▼▼▼

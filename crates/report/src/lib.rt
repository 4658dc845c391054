// The text of a settlement: a heading, one line an interval, and the sum, written into a lent buffer.
#![tactic(auto)]

ghost use Rattle.std.specs.Prelude.{◌≡◌, ◌+◌, ◌*◌, ◌≤◌, length};
ghost use Rattle.report.specs.Texts.{report_refusal, report_text, rows_text, most_bytes, Reported};

use refusal::Refuse;
use settlement::Line;

mod page;
mod row;

use page::Page;
use row::{line_width, width};

const HEADING: &[u8] = b"day interval days baseline metered reduction\n";

const SUM: &[u8] = b"sum ";

#[derive(Clone, Copy, PartialEq, Eq, Debug)]
pub enum ReportFault {
    // the text does not fit the buffer
    ShortBuffer = 17,
}

impl Refuse for ReportFault {
    ghost refusal = { report_refusal };

    fn number(&self) -> u8 {
        *self as u8
    }
}

// How many bytes the lines take; no count of lines overflows it.
fn lines_width(lines: &[Line]) -> u128
    ensures exact { result ≡ length (rows_text lines.now) }
    ensures small { result ≤ 126 * length lines.now }
{
    lines.iter().map(|line| line_width(line) as u128).sum()
}

// How many bytes the text takes.
fn text_width(lines: &[Line], sum: i64) -> u128
    ensures exact { result ≡ length (report_text lines.now sum) }
    ensures most { result ≤ most_bytes (length lines.now) }
{
    let around = HEADING.len() + SUM.len() + width(sum);
    around as u128 + lines_width(lines)
}

// Fills the buffer with the heading, the lines and the sum, and answers how many bytes these are; where they do not fit,
// the buffer stays as it was. A buffer of `most_bytes` always holds them, whatever the numbers.
pub fn report(lines: &[Line], sum: i64, text: &mut [u8]) -> Result<usize, ReportFault>
    ensures reported { Reported lines.now sum text.old text.new result }
    ensures most { length (report_text lines.now sum) ≤ most_bytes (length lines.now) }
{
    if text_width(lines, sum) > text.len() as u128 {
        return Err(ReportFault::ShortBuffer);
    }
    let mut page = Page { text, at: 0 };
    page.put(HEADING);
    for line in lines {
        page.put_line(line);
    }
    page.put(SUM);
    page.put_number(sum, b'\n');
    Ok(page.at)
}
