// What a line says, and how many bytes it takes.
ghost use Rattle.std.specs.Prelude.{◌≡◌, ◌+◌, ◌^◌, ◌≤◌, [], ◌∷◌, length, pos, decimal};
ghost use Rattle.std.specs.Fmt.{signed_decimal};
ghost use Rattle.report.specs.Texts.{row_text};

use settlement::Line;

// The numbers of a line, each with the byte that ends it.
pub(crate) fn columns(line: &Line) -> [(i64, u8); 6]
    ensures { result ≡ (pos line.now.day, 32) ∷ (pos line.now.interval, 32) ∷ (pos line.now.days, 32)
        ∷ (line.now.baseline, 32) ∷ (pos line.now.metered, 32) ∷ (line.now.reduction, 10) ∷ [] }
{
    [
        (line.day.into(), b' '),
        (line.interval.into(), b' '),
        (line.days.into(), b' '),
        (line.baseline.into(), b' '),
        (line.metered.into(), b' '),
        (line.reduction.into(), b'\n'),
    ]
}

// How many digits a number has.
fn digits(number: u64) -> usize
    ensures exact { result ≡ length (decimal number) }
    ensures small { number ≤ 2 ^ 63 → result ≤ 19 }
{
    match number.checked_ilog10() {
        Some(power) => power as usize + 1,
        None => 1,
    }
}

// How many bytes a number and what ends it take: by its digits, since to spell it only to count them would take longer.
pub(crate) fn width(number: i64) -> usize
    ensures exact { result ≡ length (signed_decimal number) + 1 }
    ensures small { result ≤ 21 }
{
    usize::from(number < 0) + digits(number.unsigned_abs()) + 1
}

// How many bytes a line takes: at most 21 a number.
pub(crate) fn line_width(line: &Line) -> usize
    ensures exact { result ≡ length (row_text line.now) }
    ensures small { result ≤ 126 }
{
    columns(line).iter().map(|(number, _)| width(*number)).sum()
}
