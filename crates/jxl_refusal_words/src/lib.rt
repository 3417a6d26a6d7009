// The text of each refusal, and the theorems on the texts: specs/. No code: `jxl_refusal_text` puts a text into a buffer.
#![tactic(auto)]
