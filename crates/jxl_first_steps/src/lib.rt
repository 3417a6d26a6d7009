// The steps that look at no box, after the Rust's container/parse.rs: at the signature, and on an empty input.
#![tactic(auto)]

ghost use Rattle.std.specs.Prelude.{◌≡◌, []};
ghost use Rattle.jxl_signatures.specs.Signature.{signature_of};
ghost use Rattle.jxl_grammar.specs.Naming.{numbered};
ghost use Rattle.jxl_grammar.specs.Step as Spec;
ghost use Rattle.jxl_payloads.specs.Told.{told};

use jxl_events::ParseEvent;
use jxl_headers::BytesLeft;
use jxl_payloads::BoxResult;
use jxl_record::{BitstreamKind, BoxParser, DetectState, JxlpIndexState};
use jxl_signatures::Signature;

// At the signature.
pub fn signature_step(jxlp: JxlpIndexState, s: &[u8]) -> BoxResult
    ensures { told result ≡ numbered (Spec.signature_step jxlp (signature_of s.now)) }
{
    match jxl_signatures::which_signature(s) {
        Signature::Bare => kind_step(BitstreamKind::BareCodestream, jxlp),
        Signature::Container => BoxResult::Shown {
            event: ParseEvent::BitstreamKind(BitstreamKind::Container),
            next: BoxParser::at(DetectState::WaitingBoxHeader, jxlp),
            consumed: 12,
        },
        Signature::TooShort => BoxResult::Want {
            next: BoxParser::at(DetectState::WaitingSignature, jxlp),
            consumed: 0,
        },
        Signature::Neither => kind_step(BitstreamKind::Invalid, jxlp),
    }
}

// A file with no boxes: its kind, and then all of it is codestream.
fn kind_step(kind: BitstreamKind, jxlp: JxlpIndexState) -> BoxResult
    ensures { told result ≡ numbered (Spec.bare_step kind jxlp) }
{
    BoxResult::Shown {
        event: ParseEvent::BitstreamKind(kind),
        next: BoxParser::at(
            DetectState::InCodestream {
                kind,
                bytes_left: BytesLeft::ToEnd,
                pending_no_more_aux_box: true,
            },
            jxlp,
        ),
        consumed: 0,
    }
}

// A step on an empty input: WANT, except in a refused parser.
#[tactic(auto, using(jxl_grammar::proofs::Step::step_empty, jxl_grammar::proofs::Step::step_empty_refused))]
pub fn empty_step(p: BoxParser) -> BoxResult
    ensures { told result ≡ numbered (Spec.step_of p []) }
{
    match p.state {
        DetectState::Refused { refusal, .. } => BoxResult::Refused {
            refusal,
            next: p,
            consumed: 0,
        },
        _ => BoxResult::Want {
            next: p,
            consumed: 0,
        },
    }
}
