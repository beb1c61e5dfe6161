// Where may I drill? Whether a point is inside a fin, on its edge or outside, and which corner is nearest.
//
// Document 02, "Where may I drill?". Coordinates are read as f64s once, and from then on all is whole numbers of cutter
// steps of 2^-20 m (`steps`, `polygons`). A length is at most 2^26 steps, and sweep + tip, which is summed in steps, at
// most 2^27.
#![tactic(auto)]

ghost use Rattle.std.specs.Prelude.{◌≡◌, ◌^◌, ◌<◌, ◌≤◌, true, nat_abs, ◌+ℤ◌, length, take, [], ◌∷◌, map};
ghost use Rattle.refusals.specs.Results.{IsResult};
ghost use Rattle.limits.specs.Limits.{outline_numbers};
ghost use Rattle.planforms.specs.Planforms.{pair_count};
ghost use Rattle.polygons.specs.Polygons.{corner_count};
ghost use Rattle.polygons.specs.Bounds.{InReach};
ghost use Rattle.steps.specs.Parts.{IsLength};
ghost use Rattle.steps.specs.Steps.{exact_of, is_whole, steps_of};
ghost use Rattle.planforms.specs.declared.Planform.TheVariants.{Trapezoid};
ghost use Rattle.drill.specs.Drill.{corners_of, place_of, are_whole, drill_of, place_number, nearest_of};
ghost use Rattle.drill.specs.InSteps.{AreLengths, in_steps};

use limits::check_length;
use planforms::Planform;
use refusals::{Refusal, Verdict};
use steps::{is_whole, steps};

// Where a point lies, with the nearest corner's position.
#[derive(Clone, Copy)]
pub enum Place {
    Inside(usize),
    Edge(usize),
    Outside(usize),
}

// Returns where a point lies, from the corners and the point in steps.
#[tactic(auto, unfolding(crate::specs::Drill::place_of))]
fn located(corners: &[i64], x: i64, height: i64) -> Place
    requires { (0 < corner_count corners.now) × InReach corners.now x height }
    ensures { result ≡ place_of corners.now x height }
{
    let nearest = polygons::nearest_corner(corners, x, height);
    if polygons::is_on_edge(corners, x, height) {
        return Place::Edge(nearest);
    }
    if polygons::is_inside(corners, x, height) {
        return Place::Inside(nearest);
    }
    Place::Outside(nearest)
}

// Tells whether every coordinate of an outline is a whole number of steps.
fn are_whole(points: &[f64]) -> bool
    requires { AreLengths points.now }
    ensures { result ≡ are_whole (map exact_of points.now) }
{
    let mut whole = true;
    for point in points {
        whole = whole & is_whole(*point);
    }
    whole
}

// Returns an outline's coordinates in steps, from the start of the array on.
fn steps_of(points: &[f64]) -> [i64; limits::OUTLINE_NUMBERS]
    requires { AreLengths points.now × (length points.now ≤ outline_numbers) }
    ensures { take (length points.now) result ≡ map steps_of (map exact_of points.now) }
{
    let mut corners = [0i64; limits::OUTLINE_NUMBERS];
    for (i, point) in points.iter().enumerate() {
        corners[i] = steps(*point);
    }
    corners
}

// Returns the exact sum of two lengths in steps.
fn sum(a: i64, b: i64) -> i64
    requires { (nat_abs a ≤ 2 ^ 26) × (nat_abs b ≤ 2 ^ 26) }
    ensures { result ≡ a +ℤ b }
{
    a + b
}

// Returns a trapezoid's corners in steps.
fn trapezoid_corners(root_chord_m: f64, tip_chord_m: f64, span_m: f64, sweep_m: f64) -> [i64; 8]
    requires { AreLengths (root_chord_m ∷ tip_chord_m ∷ span_m ∷ sweep_m ∷ [])
        × (is_whole (exact_of sweep_m) ≡ true) × (is_whole (exact_of tip_chord_m) ≡ true) }
    ensures { result ≡ map steps_of (corners_of (Trapezoid root_chord_m tip_chord_m span_m sweep_m) []) }
{
    let root = steps(root_chord_m);
    let span = steps(span_m);
    let sweep = steps(sweep_m);
    let tip_end = sum(sweep, steps(tip_chord_m));
    [0, 0, sweep, span, tip_end, span, root, 0]
}

// Returns where a point lies beside a trapezoid that passed the checks, or 25.
fn drill_trapezoid(
    root_chord_m: f64,
    tip_chord_m: f64,
    span_m: f64,
    sweep_m: f64,
    x_m: f64,
    height_m: f64,
) -> Result<Place, Refusal>
    requires { AreLengths (root_chord_m ∷ tip_chord_m ∷ span_m ∷ sweep_m ∷ x_m ∷ height_m ∷ []) }
    ensures { result ≡ in_steps (corners_of (Trapezoid root_chord_m tip_chord_m span_m sweep_m) []) (exact_of x_m)
        (exact_of height_m) }
{
    let point = is_whole(x_m) & is_whole(height_m);
    let tip = is_whole(sweep_m) & is_whole(span_m) & is_whole(tip_chord_m);
    if !(point & tip & is_whole(root_chord_m)) {
        return Err(Refusal::NotWholeSteps);
    }
    let corners = trapezoid_corners(root_chord_m, tip_chord_m, span_m, sweep_m);
    Ok(located(&corners, steps(x_m), steps(height_m)))
}

// Returns where a point lies beside an outline that passed the checks, or 25.
fn drill_outline(points: &[f64], x_m: f64, height_m: f64) -> Result<Place, Refusal>
    requires { AreLengths (x_m ∷ height_m ∷ points.now) × (length points.now ≤ outline_numbers)
        × (0 < pair_count points.now) }
    ensures { result ≡ in_steps (map exact_of points.now) (exact_of x_m) (exact_of height_m) }
{
    if !(is_whole(x_m) & is_whole(height_m) & are_whole(points)) {
        return Err(Refusal::NotWholeSteps);
    }
    let n = points.len();
    let corners = steps_of(points);
    Ok(located(&corners[..n], steps(x_m), steps(height_m)))
}

// Returns where a point lies beside a planform, and the nearest corner, or why there is no answer.
#[tactic(auto, using(refusals::proofs::Given::is_answer), unfolding(crate::specs::Drill::drill_of, crate::specs::Drill::drill_check))]
pub fn drill(planform: Planform, points: &[f64], x_m: f64, height_m: f64) -> Result<Place, Refusal>
    ensures { IsResult result (drill_of planform points.now x_m height_m) }
{
    outlines::check_planform(planform, points)?;
    check_length(limits::DRILL_X, x_m)?;
    check_length(limits::DRILL_HEIGHT, height_m)?;
    match planform {
        Planform::Trapezoid {
            root_chord_m,
            tip_chord_m,
            span_m,
            sweep_m,
        } => drill_trapezoid(root_chord_m, tip_chord_m, span_m, sweep_m, x_m, height_m),
        Planform::Ellipse { .. } => Err(Refusal::NoCorners),
        Planform::Outline => drill_outline(points, x_m, height_m),
    }
}

// Returns the place as a number: 1 inside, 2 on the edge, 3 outside; 0 where the point is turned away.
pub fn place_number(answer: Result<Place, Refusal>) -> usize
    ensures { result ≡ place_number answer }
{
    match answer {
        Ok(Place::Inside(_)) => 1,
        Ok(Place::Edge(_)) => 2,
        Ok(Place::Outside(_)) => 3,
        Err(_) => 0,
    }
}

// Returns the nearest corner's position; 0 where the point is turned away.
pub fn nearest(answer: Result<Place, Refusal>) -> usize
    ensures { result ≡ nearest_of answer }
{
    match answer {
        Ok(Place::Inside(nearest) | Place::Edge(nearest) | Place::Outside(nearest)) => nearest,
        Err(_) => 0,
    }
}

▲▲▲

• [EXERCISE BRIEF]
Scan the entries above for the line containing "fn steps_of(points: &[f64])", and copy it and all lines after it exactly, down to and including the line containing "corners in steps.".

• [RESULT BELOW]
fn steps_of(points: &[f64]) -> [i64; limits::OUTLINE_NUMBERS]
    requires { AreLengths points.now × (length points.now ≤ outline_numbers) }
    ensures { take (length points.now) result ≡ map steps_of (map exact_of points.now) }
{
    let mut corners = [0i64; limits::OUTLINE_NUMBERS];
    for (i, point) in points.iter().enumerate() {
        corners[i] = steps(*point);
    }
    corners
}

// Returns the exact sum of two lengths in steps.
fn sum(a: i64, b: i64) -> i64
    requires { (nat_abs a ≤ 2 ^ 26) × (nat_abs b ≤ 2 ^ 26) }
    ensures { result ≡ a +ℤ b }
{
    a + b
}

// Returns a trapezoid's corners in steps.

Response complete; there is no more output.